Whether you care for a relative with dementia at home, visit them in a care home, or are a professional carer you need to be mindful of the potential toll on your own physical and mental health. It’s helpful advice that I dismissed. I suggest you don’t make the same mistake.

Carers taking care of ourselves

 

 

 

 

 

When I started caring for my mother, I was touched by kind messages from people I hardly knew telling me to take care of myself. I struggled to understand why there was so much emphasis on the carer. After all, it wasn’t me who was desperately anxious, confused and vulnerable as my mother was. And I already looked after myself.

Above all, I wasn’t the primary carer (at that time); my mum lived in a care home. I didn’t face that burden. I just visited my mum. I was almost embarrassed at the idea I might be at risk….
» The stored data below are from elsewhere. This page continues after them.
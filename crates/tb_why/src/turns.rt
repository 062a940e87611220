//! A turn of the routine with what is told of it.

ghost use Rattle.std.specs.Prelude.{◌≡◌, ◌++◌, [], IfNone, IfOk, OnOk, true};
ghost use Rattle.tb_items.specs.Happenings.{happened_lists, ArePages};
ghost use Rattle.tb_run.specs.FilledPages.{params_in, fired_whole, CanServe, HasServed};
ghost use Rattle.tb_run.specs.Routine.{AreHappened, IsEnded, IsReady, IsTurned, state_of};
ghost use Rattle.tb_why.specs.ShownOf.{all_shown_of, AreShownPages};
ghost use Rattle.tb_why.specs.ShownTurns.{filled_shown, spot_in, waits_from};
ghost use Rattle.tb_why.specs.WhyRun.{firing_shown, step_shown};

use crate::Showing;
use crate::firings::told_pieces;
use crate::shown::show_tale;
use crate::weaving::{show_happened, show_sent};
use std::alloc::{AllocError, Global};
use tb_builder::Page;
use tb_float::Part;
use tb_items::Happening;
use tb_output::Machine;
use tb_run::{Ending, Filled, Routine};
use tb_told::{Spot, Tale};

/// One turn of the routine with what is shown of it: as `Routine::turn` with the places that were tried, and besides what
/// happened with what is told between it. Both vectors are cleared first. It fails only if memory runs out; the routine may
/// not be used again then.
pub fn told_turn(
    alloc: Global,
    routine: &mut Routine<'_>,
    happened: &mut Vec<Happening>,
    shown: &mut Vec<Showing>,
) -> Result<Option<Ending>, AllocError>
    requires { IsReady routine.old }

    ensures turned { IfOk result (λ o. IsTurned true routine.old happened.new.items o routine.new) }
    ensures ready { IfOk result (λ o. IfNone o (IsReady routine.new)) }
    ensures params { OnOk result (routine.new.machine.params ≡ params_in (state_of routine.old)) }
    ensures ended { OnOk result (IsEnded routine.new) }
    ensures pages { OnOk result (ArePages routine.new.store happened.new.items) }
    ensures lists { IfOk result (λ o. IfNone o (AreHappened routine.new happened.new.items)) }

    ensures shown { OnOk result (all_shown_of routine.new.store shown.new.items ≡ step_shown (state_of routine.old)) }
    ensures shown_pages { OnOk result (AreShownPages routine.new.store shown.new.items) }
{
    shown.clear();
    happened.clear();
    let waited = routine.machine.pool().len(Part::Second);
    match routine.fill(true, happened)? {
        Filled::Ends(ending) => {
            show_filled(shown, &routine.machine, happened.as_slice(), waited)?;
            Ok(Some(ending))
        }
        Filled::Fires(page) => {
            show_filled(shown, &routine.machine, happened.as_slice(), waited)?;
            serve_shown(alloc, routine, page, happened, shown)
        }
    }
}

// Appends what happened while a page was filled, and the wide floats that wait from now on: `waited` waited before. It fails
// only if memory runs out.
fn show_filled(
    shown: &mut Vec<Showing>,
    machine: &Machine,
    happened: &[Happening],
    waited: usize,
) -> Result<(), AllocError>
    ensures { OnOk result (shown.new.items ≡ shown.old.items ++ filled_shown waited machine.now happened.now) }
{
    show_happened(shown, happened)?;
    show_waits(shown, machine, waited)
}

// Appends that the wide floats of release 2014 wait, from this place of their list on. It fails only if memory runs out.
fn show_waits(shown: &mut Vec<Showing>, machine: &Machine, from: usize) -> Result<(), AllocError>
    ensures { OnOk result (shown.new.items ≡ shown.old.items ++ waits_from from machine.now) }
{
    let spot = spot(machine);
    for entry in machine.pool().entries_from(Part::Second, from) {
        show_tale(shown, Tale::Waits(spot, *entry.float()))?;
    }
    Ok(())
}

// The page and the column that are being made.
fn spot(machine: &Machine) -> Spot
    ensures { result ≡ spot_in machine.now }
{
    let standing = machine.standing();
    Spot {
        page: standing.number,
        second: standing.two_columns && !standing.first_column,
    }
}

// Serves the page that was filled, with what is shown of its firing. It fails only if memory runs out.
fn serve_shown(
    alloc: Global,
    routine: &mut Routine<'_>,
    page: Page,
    happened: &mut Vec<Happening>,
    shown: &mut Vec<Showing>,
) -> Result<Option<Ending>, AllocError>
    requires page { CanServe page routine.old }
    requires quiet { happened_lists happened.old.items ≡ [] }

    ensures served { IfOk result (λ o. HasServed page routine.old o routine.new happened.old.items happened.new.items) }
    ensures ready { IfOk result (λ o. IfNone o (IsReady routine.new)) }
    ensures params { OnOk result (routine.new.machine.params ≡ routine.old.machine.params) }
    ensures ended { OnOk result (IsEnded routine.new) }
    ensures pages { OnOk result (ArePages routine.new.store happened.new.items) }
    ensures lists { IfOk result (λ o. IfNone o (AreHappened routine.new happened.new.items)) }

    ensures shown { OnOk result (all_shown_of routine.new.store shown.new.items ≡ all_shown_of routine.new.store shown.old.items ++ firing_shown (state_of routine.old) (fired_whole routine.old page)) }
    ensures shown_pages { OnOk result (AreShownPages routine.new.store shown.old.items → AreShownPages routine.new.store shown.new.items) }
{
    let pieces = told_pieces(alloc, routine, &page)?;
    let before = happened.len();
    let ending = routine.serve_page(page, happened)?;
    show_sent(shown, pieces.as_slice(), &happened.as_slice()[before..])?;
    Ok(ending)
}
Three serious infections in two years

…And yet, perhaps it was no coincidence that since my mum’s problems started, I had three serious infections, two of which triggered sepsis, and resulted in hospital admissions. Normally, fit and healthy, my first infection was within a couple of weeks of my mother being admitted to hospital. For me a urinary infection, quickly moved to my kidney, and affected my liver. I was cared for in the same hospital at the same time as my mother, though she was in a locked ward.

My last infection was severe pneumonia which led to pleurisy, and infections of my gall bladder and liver. I remained in hospital for 10 days, until I could breathe enough oxygen into my lungs unaided. I think the trigger for my illnesses was the huge emotional turmoil of caring for someone you love, someone who is so deeply distressed.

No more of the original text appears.